Das Patronatswesen war ein integraler Bestandteil der römischen Lebenswelt. Im Allgemeinen beschreibt es ein auf ständiger Kommunikation und Interaktion beruhendes Sozialverhältnis zwischen Personen mit unterschiedlichem sozialen Status, das zu beiderseitigem Nutzen dem soziopolitischen und ökonomischen Ressourcenaustausch diente. Mit dem Stadtpatronat widmet sich John Nicols einer Sonderform dieses sozialen Gliederungsmechanismus. Der Autor ist freilich ein ausgewiesener Experte auf dem Gebiet.1 Die Ergebnisse seiner mehrere Jahrzehnte umfassenden Untersuchungen sind nun in Gestalt der hier zu besprechenden Monographie konzentriert dargestellt.

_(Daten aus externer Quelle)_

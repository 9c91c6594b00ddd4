// Hexadecimal digits, in capitals.
ghost use Rattle.std.specs.Prelude.{◌≡◌, ◌<◌, Some};
ghost use Rattle.console.specs.Hex.{hex_digit, two_digits, word_digits, escaped};

use std::fmt;

// The digit of a number's last four bits.
#[tactic(auto, unfolding(crate::specs::Hex::hex_digit))]
pub fn hex_digit(n: u8) -> u8
    ensures { (result ≡ hex_digit n) × (result < 128) }
{
    let d = n % 16;
    if d < 10 {
        return 48 + d;
    }
    55 + d
}

// A byte by its two digits.
#[derive(Clone, Copy)]
pub struct Hex(pub u8);

impl fmt::Display for Hex {
    ghost output = { λ h. Some (two_digits h.0) };

    #[tactic(auto, unfolding(crate::specs::Hex::two_digits))]
    fn fmt<W: fmt::Write>(&self, f: &mut fmt::Formatter<W>) -> fmt::Result {
        f.write_char(char::from(hex_digit(self.0 / 16)))?;
        f.write_char(char::from(hex_digit(self.0)))
    }
}

// A number of four bytes by its eight digits, as the bits of a float.
#[derive(Clone, Copy)]
pub struct Word(pub u32);

impl fmt::Display for Word {
    ghost output = { λ w. Some (word_digits w.0) };

    #[tactic(auto, unfolding(crate::specs::Hex::word_digits, base::specs::Number::le))]
    fn fmt<W: fmt::Write>(&self, f: &mut fmt::Formatter<W>) -> fmt::Result {
        let [a, b, c, d] = self.0.to_le_bytes();
        write!(f, "{}{}{}{}", Hex(d), Hex(c), Hex(b), Hex(a))
    }
}

// A byte that is not to be printed as it is: `\x` and its two digits.
#[derive(Clone, Copy)]
pub struct Escaped(pub u8);

impl fmt::Display for Escaped {
    ghost output = { λ e. Some (escaped e.0) };

    #[tactic(auto, unfolding(crate::specs::Hex::escaped))]
    fn fmt<W: fmt::Write>(&self, f: &mut fmt::Formatter<W>) -> fmt::Result {
        let digits = Hex(self.0);
        write!(f, "\\x{digits}")
    }
}
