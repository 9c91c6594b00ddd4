// The system's words for why a call failed, as `No space left on device`. What std says of an error has its number behind them, as in
// ` (os error 28)`, which is left out.
use std::fmt::InlineText;
use std::{fmt, io};

// The room for what std says of an error. What has no room is left out.
const ROOM: usize = 128;

#[derive(Clone, Copy)]
pub(crate) struct Reason(pub(crate) io::Error);

impl fmt::Display for Reason {
    fn fmt<W: fmt::Write>(&self, f: &mut fmt::Formatter<W>) -> fmt::Result {
        let said = InlineText::<ROOM>::of(self.0);
        match said.as_str().split_once(" (os error ") {
            Some((words, _number)) => f.write_str(words),
            None => f.write_str(said.as_str()),
        }
    }
}
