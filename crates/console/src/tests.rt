// A program whose body holds something. No contract says that a body is run, so it is tried. All but `answer_with` is public, as for another crate.
use crate::argument::{Asked, arg_count};
use crate::program::{Failure, OwningBody, Program};
use std::marker::Model;

const PROGRAM: Program = Program {
    name: "tests",
    usage: "usage: tests\n",
    undone: "nothing is counted",
};

// A body that counts its runs.
#[derive(Drop)]
struct Counting<'a> {
    runs: &'a mut u32,
}

impl OwningBody for Counting<'_> {
    fn run(self, _rt: HostRuntime) -> Result<(), Failure> {
        *self.runs = self.runs.wrapping_add(1);
        Ok(())
    }
}

// A closure that may be called is a body as well: the invariant of `Callable` says that it may be. It says so through a trait, since no invariant can cite
// what is known of a closure.
trait Runs: Drop {
    ghost can_run: { Self → Type 0 };

    fn call(self, rt: HostRuntime) -> Result<(), Failure>
        requires { can_run self };
}

#[derive(Drop)]
struct Closure<F>(F);

impl<F: FnOnce(HostRuntime) -> Result<(), Failure> + Drop> Runs for Closure<F> {
    ghost can_run = { λ c. F.IsAlwaysCallable c.0 };

    fn call(self, rt: HostRuntime) -> Result<(), Failure> {
        (self.0)(rt)
    }
}

#[derive(Drop)]
struct Callable<R: Runs> {
    body: R,
}

impl<R: Runs> Model for Callable<R> {
    ghost Value = { R };

    ghost view = { λ c. c.body };

    ghost invariant = { λ c. R.can_run c.body };
}

impl<R: Runs> OwningBody for Callable<R> {
    fn run(self, rt: HostRuntime) -> Result<(), Failure> {
        self.body.call(rt)
    }
}

fn start_known<R: Runs>(program: Program, rt: HostRuntime, body: R)
    requires { R.can_run body }
{
    program.start_with(rt, Callable { body })
}

fn run_known<R: Runs>(program: Program, rt: HostRuntime, body: R)
    requires { R.can_run body }
{
    program.run_with(rt, Callable { body })
}

// A program by a closure.
fn start<F: FnOnce(HostRuntime) -> Result<(), Failure> + Drop>(
    program: Program,
    rt: HostRuntime,
    body: F,
)
    requires { F.IsAlwaysCallable body }
{
    start_known(program, rt, Closure(body))
}

fn run<F: FnOnce(HostRuntime) -> Result<(), Failure> + Drop>(
    program: Program,
    rt: HostRuntime,
    body: F,
)
    requires { F.IsAlwaysCallable body }
{
    run_known(program, rt, Closure(body))
}

// How often a body is run where the arguments ask for `asked`.
fn runs_at(rt: HostRuntime, asked: Asked) -> u32 {
    let mut runs = 0;
    PROGRAM.answer_with(rt, asked, Counting { runs: &mut runs });
    runs
}

#[test]
fn a_body_is_run_where_nothing_is_asked(rt: HostRuntime) {
    assert_eq!(rt; runs_at(rt, Asked::Nothing), 1);
    assert_eq!(rt; runs_at(rt, Asked::Help), 0);
    assert_eq!(rt; runs_at(rt, Asked::Other), 0);
}

#[test]
fn a_body_is_run_once(rt: HostRuntime) {
    let mut runs = 0;
    PROGRAM.run_with(rt, Counting { runs: &mut runs });
    assert_eq!(rt; runs, 1);
}

// How often `start_with` runs a body: once where there is no argument. (A test has one, its name, so none is started here.)
fn starts(rt: HostRuntime) -> u32 {
    u32::from(arg_count(rt) < 2)
}

#[test]
fn a_body_is_not_started_with_an_argument(rt: HostRuntime) {
    let mut runs = 0;
    PROGRAM.start_with(rt, Counting { runs: &mut runs });
    assert_eq!(rt; runs, starts(rt));
}

#[test]
fn a_closure_is_not_started_with_an_argument(rt: HostRuntime) {
    let mut runs: u32 = 0;
    start(PROGRAM, rt, |_rt: HostRuntime| -> Result<(), Failure> {
        runs = runs.wrapping_add(1);
        Ok(())
    });
    assert_eq!(rt; runs, starts(rt));
}

#[test]
fn a_closure_is_run_once(rt: HostRuntime) {
    let mut runs: u32 = 0;
    run(PROGRAM, rt, |_rt: HostRuntime| -> Result<(), Failure> {
        runs = runs.wrapping_add(1);
        Ok(())
    });
    assert_eq!(rt; runs, 1);
}
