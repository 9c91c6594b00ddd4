// How a program starts and ends. No contract of std says what is written, or whether it was, so the functions that write have none.
//
// No write is lost in silence. One that fails is said on standard error with the system's reason, and nothing more is written: what is
// already written stays the beginning of the output. When the program ends, it says that the output is not complete.
ghost use Rattle.std.specs.Prelude.{◌≡◌, ◌&&◌, Ok, is_ok};
ghost use Rattle.console.specs.declared.program.Failure.TheVariants.{Output};

use crate::argument::{Asked, arguments};
use crate::reason::Reason;
use std::io;

// The system's number for a stream that is not open (Linux).
const NOT_OPEN: i32 = 9;

// Why a program ended before its end.
#[derive(Clone, Copy)]
pub enum Failure {
    // Standard input could not be read.
    Input(io::Error),
    // Standard output could not be written.
    Output(io::Error),
}

impl From<io::Error> for Failure {
    ghost from_gives = { λ error failure. failure ≡ Output error };

    fn from(error: io::Error) -> Failure {
        Self::Output(error)
    }
}

// What a program does, once it has been started. Kept: a trait, and no closure: who calls a closure has to know that it may be called, so `start` and
// `run` would ask that of their callers, and no function that another crate can call asks anything.
pub trait Body {
    fn run(rt: HostRuntime) -> Result<(), Failure>;
}

// The same for a body that holds something, as a closure holds what it captures. A run uses it up.
pub trait OwningBody {
    fn run(self, rt: HostRuntime) -> Result<(), Failure>;
}

// What a program says of itself.
#[derive(Clone, Copy)]
pub struct Program {
    pub name: &'static str,
    pub usage: &'static str,
    // What it has not done where it can neither read nor write.
    pub undone: &'static str,
}

impl Program {
    // Runs a program that takes no argument. `--help` is answered by the usage; any other argument too, on standard error.
    pub fn start<B: Body>(self, rt: HostRuntime) {
        match arguments(rt) {
            Asked::Nothing => self.run::<B>(rt),
            Asked::Help => self.help(rt),
            Asked::Other => self.say_misused(rt),
        }
    }

    // The same for a body that holds something.
    pub fn start_with<B: OwningBody + Drop>(self, rt: HostRuntime, body: B) {
        self.answer_with(rt, arguments(rt), body)
    }

    // Does what the arguments ask. Kept: on its own. A test has an argument, its name, so `start_with` runs no body there.
    pub(crate) fn answer_with<B: OwningBody + Drop>(self, rt: HostRuntime, asked: Asked, body: B) {
        match asked {
            Asked::Nothing => self.run_with(rt, body),
            Asked::Help => self.help(rt),
            Asked::Other => self.say_misused(rt),
        }
    }

    // Runs a program, once standard output has taken a write of no bytes.
    pub fn run<B: Body>(self, rt: HostRuntime) {
        match rt.write_some(b"") {
            Err(error) => self.say_undone(rt, "standard output could not be written", error),
            Ok(_) => {
                if let Err(failure) = B::run(rt) {
                    self.say_failure(rt, failure);
                }
            }
        }
    }

    // The same for a body that holds something. Kept: a text of its own. If it shared one with `run`, the programs' compiled code would no longer be the
    // code that was measured.
    pub fn run_with<B: OwningBody + Drop>(self, rt: HostRuntime, body: B) {
        match rt.write_some(b"") {
            Err(error) => self.say_undone(rt, "standard output could not be written", error),
            Ok(_) => {
                if let Err(failure) = body.run(rt) {
                    self.say_failure(rt, failure);
                }
            }
        }
    }

    // Says that a program takes no argument, and the usage.
    fn say_misused(self, rt: HostRuntime) {
        let Program { name, usage, .. } = self;
        let _ = eprint!(rt; "{name} takes no argument\n{usage}");
    }

    // Writes the usage.
    pub fn help(self, rt: HostRuntime) {
        if let Err(error) = rt.print(self.usage) {
            self.say_failure(rt, Failure::Output(error));
        }
    }

    // Says what is not done, and why. (Where standard error takes nothing, nothing can be said.)
    fn say_undone(self, rt: HostRuntime, why: &str, error: io::Error) {
        let Program { name, undone, .. } = self;
        let _ = eprintln!(rt; "{name}: {undone}, since {why}: {}", Reason(error));
    }

    // Says why a program ended early.
    pub fn say_failure(self, rt: HostRuntime, failure: Failure) {
        match failure {
            Failure::Input(error) => {
                self.say_undone(rt, "standard input could not be read", error)
            }
            Failure::Output(error) => {
                self.say_unwritten(rt, error);
                self.say_incomplete(rt);
            }
        }
    }

    // Says why a write failed. Of an output that was not open there is no reason to say.
    fn say_unwritten(self, rt: HostRuntime, error: io::Error) {
        if error.raw_os_error() != Some(NOT_OPEN) {
            let _ = eprintln!(rt; "standard output could not be written: {}", Reason(error));
        }
    }

    // Says, at the end, that a write failed.
    fn say_incomplete(self, rt: HostRuntime) {
        let name = self.name;
        let _ = eprintln!(rt; "{name}: the output is not complete");
    }

    // Says why no more is read.
    pub fn say_unread(self, rt: HostRuntime, error: io::Error) {
        let name = self.name;
        let _ = eprintln!(rt;
            "{name}: standard input could not be read: {}",
            Reason(error)
        );
    }
}

// Standard output of a program that goes on behind a write that failed. Nothing more is written then.
#[derive(Clone, Copy)]
pub struct Output {
    program: Program,
    // What became of the writes: the first failure, if there is one.
    written: io::Result<()>,
}

impl Output {
    pub fn new(program: Program) -> Output
        ensures { result ≡ record { program = program; written = Ok tt } }
    {
        Output {
            program,
            written: Ok(()),
        }
    }

    // Whether each write so far was done.
    pub fn is_complete(self) -> bool
        ensures { result ≡ is_ok self.written }
    {
        self.written.is_ok()
    }

    // Takes what became of a write. Why one failed is said at once.
    pub fn note(&mut self, rt: HostRuntime, written: io::Result<()>)
        ensures { is_ok self.new.written ≡ (is_ok self.old.written && is_ok written) }
    {
        if let Err(error) = written {
            self.program.say_unwritten(rt, error);
        }
        self.written = self.written.and(written);
    }

    // Says, when the program ends, that a write failed.
    pub fn end(self, rt: HostRuntime) {
        if self.written.is_err() {
            self.program.say_incomplete(rt);
        }
    }
}
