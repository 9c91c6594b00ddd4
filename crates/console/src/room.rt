// The rooms of the programs: for a section on standard input, for the words and text bytes of its record, and for a section that is written
// (document 01, 'The round-trip program'), and for a piece of the input.
ghost use Rattle.std.specs.Prelude.{◌≡◌, length};

// The longest input.
pub const MOST: usize = 65536;

// The room for it: a byte more shows that it is longer.
pub const ROOM: usize = 65537;

// The words of the table.
pub const WORDS: usize = 16384;

// The text bytes of the table, and the longest output.
pub const BYTES: usize = 65536;

// What is read at once, and the longest argument.
pub const PIECE: usize = 4096;

// A room of N zeros. The programs call this in place of `[0; N]`, since a proof's search would go through all the zeros of such an array.
pub fn room<T: Copy + Default, const N: usize>() -> [T; N]
    ensures { length result ≡ N }
{
    [T::default(); N]
}
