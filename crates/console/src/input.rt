// What a program reads from standard input. The contract of std's read says nothing of the bytes that came, of an end of the input or of
// a failure, so none does here: a count lies within the room, and that is all.
ghost use Rattle.std.specs.Prelude.{◌≤◌, IfOk, length};

use std::io;
use std::io::Read;

// Reads to the end of the input or until the room is full, and gives how many bytes then stand at the room's start.
// Kept: a loop that counts, since std's read_to_end allocates, and its read_exact says no count.
pub fn read_input(input: &mut impl Read, room: &mut [u8]) -> io::Result<usize>
    ensures { IfOk result (λ n. n ≤ length room.old) }
{
    let mut n = 0;
    while n < room.len() {
        match input.read(&mut room[n..])? {
            0 => break,
            more => n += more,
        }
    }
    Ok(n)
}
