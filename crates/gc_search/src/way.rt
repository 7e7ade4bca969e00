ghost use Rattle.std.specs.Prelude.{◌≡◌, ◌++◌, reverse, IfOk, OnOk};
ghost use Rattle.gc_prod.specs.SymbolHops.{steps_by};
ghost use Rattle.gc_search.specs.Links.{run_along};

use crate::link::Link;
use gc_base::{Id, Memory, Step};
use gc_prod::{By, Product, RunMove};

// The run of a walk, by its moves from the last to the first.
pub(crate) fn run_along(mut way: Vec<Link>) -> Result<Vec<RunMove>, Memory>
    ensures { IfOk result (λ run. run.items ≡ run_along (reverse way.items)) }
{
    let mut run = Vec::new(*way.allocator());
    while let Some(link) = way.pop() {
        run.push(RunMove {
            by: link.by,
            to: link.at.state,
        })?;
    }
    Ok(run)
}

// Adds the steps that a walk takes by a move to a node, the last first.
pub(crate) fn add_move_back(
    p: &Product,
    by: By,
    node: Id,
    steps: &mut Vec<Step>,
) -> Result<(), Memory>
    ensures { OnOk result (steps.new.items ≡ steps.old.items ++ reverse (steps_by p.now.network by node)) }
{
    match by {
        By::Nothing => Ok(()),
        By::Edge(edge) => {
            steps.push(Step { edge, node })?;
            Ok(())
        }
        By::Segment(i) => add_all_back(p.segment_steps(i), steps),
    }
}

fn add_all_back(more: &[Step], steps: &mut Vec<Step>) -> Result<(), Memory>
    ensures { OnOk result (steps.new.items ≡ steps.old.items ++ reverse more.now) }
{
    for step in more.iter().rev().copied() {
        steps.push(step)?;
    }
    Ok(())
}
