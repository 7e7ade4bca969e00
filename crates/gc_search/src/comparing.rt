ghost use Rattle.std.specs.Prelude.{◌≡◌, ◌<◌, IfSome};
ghost use Rattle.std.specs.Ordering.{nat_cmp};
ghost use Rattle.std.specs.Cmp.Lexicographic.{slice_cmp};
ghost use Rattle.gc_search.specs.Arrivals.{IsRepeated, Told};
ghost use Rattle.gc_search.specs.Links.{walk_of};
ghost use Rattle.gc_search.specs.Tails.{IsLevel, IsMet, compared_order, edges_order, edges_told, tail_edges, way_back};

use crate::link::Link;
use crate::tail::{Tail, edge_at};
use crate::tree::WalkTree;
use gc_prod::{By, Product};
use std::cmp::Ordering;

// Two walks with equally many edges that are gone back along: what is left of each, and the order of
// what was passed.
#[derive(Clone, Copy)]
pub(crate) struct Compared {
    pub(crate) one: Tail,
    pub(crate) other: Tail,
    pub(crate) passed: Ordering,
}

// The order of two walks, by the number of edges and then by these one after another. Most often it is
// told by the last edges and by the ranks of the settled walks before them.
pub(crate) fn edges_order(tree: &WalkTree, a: &Link, b: &Link) -> Ordering
    ensures { result ≡ edges_order tree.now.setting tree.now.walks a.now b.now }
{
    let one = tree.moved(a);
    let other = tree.moved(b);
    match ranked_before(tree, &one, &other) {
        Some(order) => order,
        None => whole_order(tree, &one, &other),
    }
}

// The same, where both pass one edge behind settled walks of which the ranks tell the order.
fn ranked_before(tree: &WalkTree, a: &Link, b: &Link) -> Option<Ordering>
    ensures { IfSome result (λ order. order ≡ edges_order tree.now.setting tree.now.walks a.now b.now) }
{
    let By::Edge(one) = a.by else {
        return None;
    };
    let By::Edge(other) = b.by else {
        return None;
    };
    match tree.ranked_alike(a.before, b.before) {
        None => None,
        Some(order) => Some(order.then(one.cmp(&other))),
    }
}

// The same, by going back along both.
fn whole_order(tree: &WalkTree, a: &Link, b: &Link) -> Ordering
    ensures { result ≡ edges_order tree.now.setting tree.now.walks a.now b.now }
{
    let one = tree.tail(a);
    let other = tree.tail(b);
    let order = tree.length_of(&one).cmp(&tree.length_of(&other));
    if order.is_eq() {
        level_order(tree, one, other)
    } else {
        order
    }
}

// Whether two walks pass the same edges.
pub(crate) fn have_same_edges(tree: &WalkTree, a: &Link, b: &Link) -> bool
    ensures { Told result (edges_told tree.now.setting tree.now.walks a.now ≡ edges_told tree.now.setting tree.now.walks b.now)
        (edges_told tree.now.setting tree.now.walks a.now ≡ edges_told tree.now.setting tree.now.walks b.now → ⊥) }
{
    edges_order(tree, a, b).is_eq()
}

// Whether a walk has the cost and the edges of the one that was settled last.
pub(crate) fn repeats_last(tree: &WalkTree, next: &Link) -> bool
    ensures { Told result (IsRepeated tree.now.walks (walk_of tree.now.setting tree.now.walks next.now))
        (IsRepeated tree.now.walks (walk_of tree.now.setting tree.now.walks next.now) → ⊥) }
{
    let count = tree.count();
    if count == 0 {
        return false;
    }
    let last = tree.at(count - 1);
    last.cost == next.cost && have_same_edges(tree, last, next)
}

// The order of two walks with equally many edges, by these one after another. Of the differences that
// are met on the way back to what both share, the last one tells.
fn level_order(tree: &WalkTree, one: Tail, other: Tail) -> Ordering
    requires { IsLevel tree.now.setting tree.now.walks one other }
    ensures { result ≡ slice_cmp nat_cmp (tail_edges tree.now.setting tree.now.walks one) (tail_edges tree.now.setting tree.now.walks other) }
{
    let mut compared = Compared {
        one,
        other,
        passed: Ordering::Equal,
    };
    while !is_met(&compared) {
        if let Some(order) = ranked_order(tree, &compared) {
            return order;
        }
        compared = gone_back(tree, compared);
    }
    compared.passed
}

// Whether both have come to the same settled walk.
fn is_met(compared: &Compared) -> bool
    ensures { Told result (IsMet compared.now) (IsMet compared.now → ⊥) }
{
    compared.one.left == 0
        && compared.other.left == 0
        && compared.one.before == compared.other.before
}

// The order of two that have been gone back along to settled walks, where the ranks of these tell it.
fn ranked_order(tree: &WalkTree, c: &Compared) -> Option<Ordering>
    requires { IsLevel tree.now.setting tree.now.walks c.now.one c.now.other }
    ensures { IfSome result (λ order. order ≡ compared_order tree.now.setting tree.now.walks c.now) }
{
    if c.one.left > 0 || c.other.left > 0 || c.one.before == 0 || c.other.before == 0 {
        return None;
    }
    match tree.ranked(c.one.before, c.other.before) {
        None => None,
        Some(order) => Some(order.then(c.passed)),
    }
}

// Goes back: along an edge of both moves; or where one of them has none left, to the move before it. Of
// two settled walks that is the one which was settled later, so that what both share is not passed.
fn gone_back(tree: &WalkTree, c: Compared) -> Compared
    requires level { IsLevel tree.now.setting tree.now.walks c.one c.other }
    requires apart { IsMet c → ⊥ }
    ensures level { IsLevel tree.now.setting tree.now.walks result.one result.other }
    ensures order { compared_order tree.now.setting tree.now.walks result ≡ compared_order tree.now.setting tree.now.walks c }
    ensures nearer { way_back tree.now.setting tree.now.walks result < way_back tree.now.setting tree.now.walks c }
{
    if c.one.left > 0 && c.other.left > 0 {
        return passed_one(tree, c);
    }
    if c.one.left == 0 && (c.other.left > 0 || c.one.before > c.other.before) {
        Compared {
            one: tree.opened(c.one.before),
            ..c
        }
    } else {
        Compared {
            other: tree.opened(c.other.before),
            ..c
        }
    }
}

// Goes back along one edge of both.
fn passed_one(tree: &WalkTree, c: Compared) -> Compared
    requires level { IsLevel tree.now.setting tree.now.walks c.one c.other }
    requires one { 0 < c.one.left }
    requires other { 0 < c.other.left }
    ensures level { IsLevel tree.now.setting tree.now.walks result.one result.other }
    ensures order { compared_order tree.now.setting tree.now.walks result ≡ compared_order tree.now.setting tree.now.walks c }
    ensures nearer { way_back tree.now.setting tree.now.walks result < way_back tree.now.setting tree.now.walks c }
{
    let one = Tail {
        left: c.one.left - 1,
        ..c.one
    };
    let other = Tail {
        left: c.other.left - 1,
        ..c.other
    };
    let last = edge_at(tree.product, one.by, one.left).cmp(&edge_at(
        tree.product,
        other.by,
        other.left,
    ));
    Compared {
        one,
        other,
        passed: last.then(c.passed),
    }
}
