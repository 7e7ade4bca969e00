ghost use Rattle.std.specs.Prelude.{◌≡◌, ◌<◌, ◌^◌, length, slice_get, Some};
ghost use Rattle.gc_search.specs.Tails.{edges_by};

use gc_base::Id;
use gc_prod::{By, Product};

// The beginning of a walk: a settled walk, by its number counted from 1, and so many edges of a move
// behind it. The number 0 is that of no walk, which has no edge.
#[derive(Clone, Copy)]
pub(crate) struct Tail {
    pub(crate) before: usize,
    pub(crate) by: By,
    pub(crate) left: usize,
}

// The edge of a number that a move passes.
pub(crate) fn edge_at(product: &Product, by: By, i: usize) -> Id
    requires { i < length (edges_by product.now by) }
    ensures { slice_get (edges_by product.now by) i ≡ Some result }
{
    match by {
        By::Nothing => unreachable!(),
        By::Edge(edge) => edge,
        By::Segment(number) => product.segment_steps(number)[i].edge,
    }
}

// How many edges a move passes.
pub(crate) fn edge_count(product: &Product, by: By) -> usize
    ensures exact { result ≡ length (edges_by product.now by) }
    ensures small { result < 2 ^ 63 }
{
    match by {
        By::Nothing => 0,
        By::Edge(_) => 1,
        By::Segment(number) => product.segment_steps(number).len(),
    }
}
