//! The first walks, in order. Others rely on this: the walks that are found to a node are exactly the
//! first ones that conform to an expression, by cost, number of edges and edges. This crate knows of no
//! query.
#![tactic(auto)]

mod comparing;
mod found;
mod link;
mod pending;
mod searching;
mod settled;
mod settling;
mod tail;
mod tree;
mod way;

pub use found::Found;
pub use searching::{search, search_to};
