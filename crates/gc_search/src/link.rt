ghost use Rattle.std.specs.Prelude.{◌≡◌};
ghost use Rattle.gc_search.specs.Links.{starts_at};

use gc_base::Id;
use gc_prod::{By, Pair};
use std::marker::Model;

// A walk from the source, told by a settled one that it extends: where it arrives, its cost, how many
// edges it has, the number of the settled one, counted from 1, and the move by which it extends it. The
// walk that stays at the source extends none, which is the number 0.
#[derive(Clone, Copy)]
pub(crate) struct Link {
    pub(crate) at: Pair,
    pub(crate) cost: u128,
    pub(crate) edges: usize,
    pub(crate) before: usize,
    pub(crate) by: By,
}

impl Model for Link {
    ghost use Rattle.gc_search.specs.Links.{Link as LinkAlone};

    ghost Value = { LinkAlone };

    ghost view = { λ l. record { at = l.at; cost = l.cost; edges = l.edges; before = l.before; by = l.by } };

    ghost inverse = { λ l. record { at = l.at; cost = l.cost; edges = l.edges; before = l.before; by = l.by } };
}

impl Link {
    // The walk that stays at the source.
    pub(crate) fn start(source: Id) -> Link
        ensures { result ≡ starts_at source }
    {
        Link {
            at: Pair {
                node: source,
                state: 0,
            },
            cost: 0,
            edges: 0,
            before: 0,
            by: By::Nothing,
        }
    }
}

Die zahlreichen Städte des Imperium Romanum bildeten das Rückgrat seiner Verwaltung. Die Forschung hat deshalb schon lange erkannt, dass das Stadtpatronat deren Integration ins Reich sowie deren urbane Prosperität und Stabilität zu gewährleisten vermochte: Für die Republik hat sich Badian der Thematik angenommen, für die Spätantike Harmand.2 Hierauf aufbauend haben sich etwa Krause dem (spätrömischen) Westen sowie Canali de Rossi und Eilers dem Osten des Imperiums zugewandt.3 In dieser differenzierten Forschungslandschaft verortet sich nun Nicols, dessen Studie das Stadtpatronat in den Westprovinzen untersucht (ca. 70 v. bis 200 n.Chr.).4 Er widmet sich dabei in erster Linie dessen historischer Entwicklung sowie den Modalitäten und Spezifika dieser reziproken Sozialbeziehung und ihrer Akteure. Dieses Vorhaben unternimmt er in neun Kapiteln:
In seinem ersten Kapitel („Introduction“, S. 1–19) betont Nicols die Ungenauigkeit der modernen Terminologie, die nicht nur das Stadtpatronat (patrocinium publicum) beschreibt, sondern ebenso die Abhängigkeitsverhältnisse zwischen Individuen (clientela), die Gastfreundschaft (hospitium) und die informelle Großzügigkeit der Elite (Euergetismus) mit einschließt. Er definiert es daher als jene Form der sozialen Nahbeziehung, „in which the patron was an individual and the client was a civic community“ (S. 1), wobei er ihre Funktionsweise im Sinne der eingangs getroffenen Definition versteht. Nicols verweist zudem auf die Problematik des Quellenmaterials, das nur selten Auskunft über den qualitativen Charakter der ausgetauschten Ressourcen gibt (Epigraphik) oder die Thematik vor allem aus einer idealisierten aristokratischen Perspektive betrachtet (Literatur).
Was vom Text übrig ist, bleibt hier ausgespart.